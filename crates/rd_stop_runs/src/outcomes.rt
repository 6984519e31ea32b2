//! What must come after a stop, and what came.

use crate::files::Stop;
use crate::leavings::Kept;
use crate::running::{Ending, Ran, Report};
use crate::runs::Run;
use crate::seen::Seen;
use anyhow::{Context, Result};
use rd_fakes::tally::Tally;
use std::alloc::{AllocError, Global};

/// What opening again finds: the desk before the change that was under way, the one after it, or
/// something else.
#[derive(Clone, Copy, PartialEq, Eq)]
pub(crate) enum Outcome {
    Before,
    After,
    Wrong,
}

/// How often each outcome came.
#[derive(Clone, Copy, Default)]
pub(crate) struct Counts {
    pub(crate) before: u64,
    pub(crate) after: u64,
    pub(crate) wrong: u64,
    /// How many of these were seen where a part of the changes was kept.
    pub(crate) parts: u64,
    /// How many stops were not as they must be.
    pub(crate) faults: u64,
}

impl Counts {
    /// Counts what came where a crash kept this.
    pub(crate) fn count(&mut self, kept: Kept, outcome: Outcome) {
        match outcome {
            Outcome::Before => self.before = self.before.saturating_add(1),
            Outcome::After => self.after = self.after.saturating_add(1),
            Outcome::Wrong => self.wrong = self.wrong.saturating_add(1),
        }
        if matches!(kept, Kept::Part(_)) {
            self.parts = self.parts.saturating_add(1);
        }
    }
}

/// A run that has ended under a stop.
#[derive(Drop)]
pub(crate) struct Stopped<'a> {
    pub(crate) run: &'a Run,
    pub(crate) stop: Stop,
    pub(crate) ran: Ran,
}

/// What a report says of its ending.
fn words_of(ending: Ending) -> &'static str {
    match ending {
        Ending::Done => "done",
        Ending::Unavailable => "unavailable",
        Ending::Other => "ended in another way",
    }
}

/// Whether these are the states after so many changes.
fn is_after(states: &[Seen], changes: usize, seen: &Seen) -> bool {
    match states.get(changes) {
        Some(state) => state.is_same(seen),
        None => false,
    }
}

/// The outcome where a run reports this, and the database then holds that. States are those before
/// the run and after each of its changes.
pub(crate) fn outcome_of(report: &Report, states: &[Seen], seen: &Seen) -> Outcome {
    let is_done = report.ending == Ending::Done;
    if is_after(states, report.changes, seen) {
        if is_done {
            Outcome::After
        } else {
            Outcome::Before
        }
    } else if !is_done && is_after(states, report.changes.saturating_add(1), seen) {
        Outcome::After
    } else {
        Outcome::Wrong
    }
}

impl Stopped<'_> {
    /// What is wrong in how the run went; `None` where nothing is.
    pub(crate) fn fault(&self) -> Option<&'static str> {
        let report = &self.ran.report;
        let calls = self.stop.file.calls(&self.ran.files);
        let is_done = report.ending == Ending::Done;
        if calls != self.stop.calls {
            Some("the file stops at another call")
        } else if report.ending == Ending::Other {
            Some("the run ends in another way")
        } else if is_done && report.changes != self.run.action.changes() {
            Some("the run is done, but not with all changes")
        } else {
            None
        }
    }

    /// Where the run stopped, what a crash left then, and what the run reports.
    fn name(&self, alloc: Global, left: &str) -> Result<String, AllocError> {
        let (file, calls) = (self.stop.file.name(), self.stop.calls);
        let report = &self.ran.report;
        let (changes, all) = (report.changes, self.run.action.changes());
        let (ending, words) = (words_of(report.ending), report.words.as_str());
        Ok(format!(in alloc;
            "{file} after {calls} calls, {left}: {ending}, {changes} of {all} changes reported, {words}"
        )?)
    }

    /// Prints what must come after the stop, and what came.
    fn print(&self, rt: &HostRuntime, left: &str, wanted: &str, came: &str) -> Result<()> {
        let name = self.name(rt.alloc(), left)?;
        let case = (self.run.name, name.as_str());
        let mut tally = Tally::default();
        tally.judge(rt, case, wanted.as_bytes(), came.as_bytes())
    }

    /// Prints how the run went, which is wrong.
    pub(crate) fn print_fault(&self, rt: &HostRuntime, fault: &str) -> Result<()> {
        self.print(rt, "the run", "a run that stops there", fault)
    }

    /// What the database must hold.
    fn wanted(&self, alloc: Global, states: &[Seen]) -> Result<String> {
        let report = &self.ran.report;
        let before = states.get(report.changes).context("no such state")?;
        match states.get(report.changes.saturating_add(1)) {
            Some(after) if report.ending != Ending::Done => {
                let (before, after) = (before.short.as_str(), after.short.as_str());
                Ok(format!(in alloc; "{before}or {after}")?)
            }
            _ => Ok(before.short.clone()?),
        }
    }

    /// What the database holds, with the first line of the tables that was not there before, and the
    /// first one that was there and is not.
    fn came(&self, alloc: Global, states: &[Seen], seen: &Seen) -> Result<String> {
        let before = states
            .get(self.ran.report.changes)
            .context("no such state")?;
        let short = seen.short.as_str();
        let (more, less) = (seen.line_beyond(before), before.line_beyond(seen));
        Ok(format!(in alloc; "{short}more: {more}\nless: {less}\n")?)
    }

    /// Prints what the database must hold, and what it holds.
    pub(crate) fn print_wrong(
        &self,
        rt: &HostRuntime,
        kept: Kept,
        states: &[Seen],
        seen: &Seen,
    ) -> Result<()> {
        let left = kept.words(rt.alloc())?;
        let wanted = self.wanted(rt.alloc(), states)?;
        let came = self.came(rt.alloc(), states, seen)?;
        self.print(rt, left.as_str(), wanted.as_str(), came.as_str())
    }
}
════════════════════
=== Assignment ===
Please restate every record shown above, word for word.

=== Result of the task ===
filename crates/rd_stop_runs/src/outcomes.rt
repository 6984519e31ea32b2
//! What must come after a stop, and what came.

use crate::files::Stop;
use crate::leavings::Kept;
use crate::running::{Ending, Ran, Report};
use crate::runs::Run;
use crate::seen::Seen;
use anyhow::{Context, Result};
use rd_fakes::tally::Tally;
use std::alloc::{AllocError, Global};

/// What opening again finds: the desk before the change that was under way, the one after it, or
/// something else.
#[derive(Clone, Copy, PartialEq, Eq)]
pub(crate) enum Outcome {
    Before,
    After,
    Wrong,
}

/// How often each outcome came.
#[derive(Clone, Copy, Default)]
pub(crate) struct Counts {
    pub(crate) before: u64,
    pub(crate) after: u64,
    pub(crate) wrong: u64,
    /// How many of these were seen where a part of the changes was kept.
    pub(crate) parts: u64,
    /// How many stops were not as they must be.
    pub(crate) faults: u64,
}

impl Counts {
    /// Counts what came where a crash kept this.
    pub(crate) fn count(&mut self, kept: Kept, outcome: Outcome) {
        match outcome {
            Outcome::Before => self.before = self.before.saturating_add(1),
            Outcome::After => self.after = self.after.saturating_add(1),
            Outcome::Wrong => self.wrong = self.wrong.saturating_add(1),
        }
        if matches!(kept, Kept::Part(_)) {
            self.parts = self.parts.saturating_add(1);
        }
    }
}

/// A run that has ended under a stop.
#[derive(Drop)]
pub(crate) struct Stopped<'a> {
    pub(crate) run: &'a Run,
    pub(crate) stop: Stop,
    pub(crate) ran: Ran,
}

/// What a report says of its ending.
fn words_of(ending: Ending) -> &'static str {
    match ending {
        Ending::Done => "done",
        Ending::Unavailable => "unavailable",
        Ending::Other => "ended in another way",
    }
}

/// Whether these are the states after so many changes.
fn is_after(states: &[Seen], changes: usize, seen: &Seen) -> bool {
    match states.get(changes) {
        Some(state) => state.is_same(seen),
        None => false,
    }
}

/// The outcome where a run reports this, and the database then holds that. States are those before
/// the run and after each of its changes.
pub(crate) fn outcome_of(report: &Report, states: &[Seen], seen: &Seen) -> Outcome {
    let is_done = report.ending == Ending::Done;
    if is_after(states, report.changes, seen) {
        if is_done {
            Outcome::After
        } else {
            Outcome::Before
        }
    } else if !is_done && is_after(states, report.changes.saturating_add(1), seen) {
        Outcome::After
    } else {
        Outcome::Wrong
    }
}

impl Stopped<'_> {
    /// What is wrong in how the run went; `None` where nothing is.
    pub(crate) fn fault(&self) -> Option<&'static str> {
        let report = &self.ran.report;
        let calls = self.stop.file.calls(&self.ran.files);
        let is_done = report.ending == Ending::Done;
        if calls != self.stop.calls {
            Some("the file stops at another call")
        } else if report.ending == Ending::Other {
            Some("the run ends in another way")
        } else if is_done && report.changes != self.run.action.changes() {
            Some("the run is done, but not with all changes")
        } else {
            None
        }
    }

    /// Where the run stopped, what a crash left then, and what the run reports.
    fn name(&self, alloc: Global, left: &str) -> Result<String, AllocError> {
        let (file, calls) = (self.stop.file.name(), self.stop.calls);
        let report = &self.ran.report;
        let (changes, all) = (report.changes, self.run.action.changes());
        let (ending, words) = (words_of(report.ending), report.words.as_str());
        Ok(format!(in alloc;
            "{file} after {calls} calls, {left}: {ending}, {changes} of {all} changes reported, {words}"
        )?)
    }

    /// Prints what must come after the stop, and what came.
    fn print(&self, rt: &HostRuntime, left: &str, wanted: &str, came: &str) -> Result<()> {
        let name = self.name(rt.alloc(), left)?;
        let case = (self.run.name, name.as_str());
        let mut tally = Tally::default();
        tally.judge(rt, case, wanted.as_bytes(), came.as_bytes())
    }

    /// Prints how the run went, which is wrong.
    pub(crate) fn print_fault(&self, rt: &HostRuntime, fault: &str) -> Result<()> {
        self.print(rt, "the run", "a run that stops there", fault)
    }

    /// What the database must hold.
    fn wanted(&self, alloc: Global, states: &[Seen]) -> Result<String> {
        let report = &self.ran.report;
        let before = states.get(report.changes).context("no such state")?;
        match states.get(report.changes.saturating_add(1)) {
            Some(after) if report.ending != Ending::Done => {
                let (before, after) = (before.short.as_str(), after.short.as_str());
                Ok(format!(in alloc; "{before}or {after}")?)
            }
            _ => Ok(before.short.clone()?),
        }
    }

    /// What the database holds, with the first line of the tables that was not there before, and the
    /// first one that was there and is not.
    fn came(&self, alloc: Global, states: &[Seen], seen: &Seen) -> Result<String> {
        let before = states
            .get(self.ran.report.changes)
            .context("no such state")?;
        let short = seen.short.as_str();
        let (more, less) = (seen.line_beyond(before), before.line_beyond(seen));
        Ok(format!(in alloc; "{short}more: {more}\nless: {less}\n")?)
    }

    /// Prints what the database must hold, and what it holds.
    pub(crate) fn print_wrong(
        &self,
        rt: &HostRuntime,
        kept: Kept,
        states: &[Seen],
        seen: &Seen,
    ) -> Result<()> {
        let left = kept.words(rt.alloc())?;
        let wanted = self.wanted(rt.alloc(), states)?;
        let came = self.came(rt.alloc(), states, seen)?;
        self.print(rt, left.as_str(), wanted.as_str(), came.as_str())
    }
}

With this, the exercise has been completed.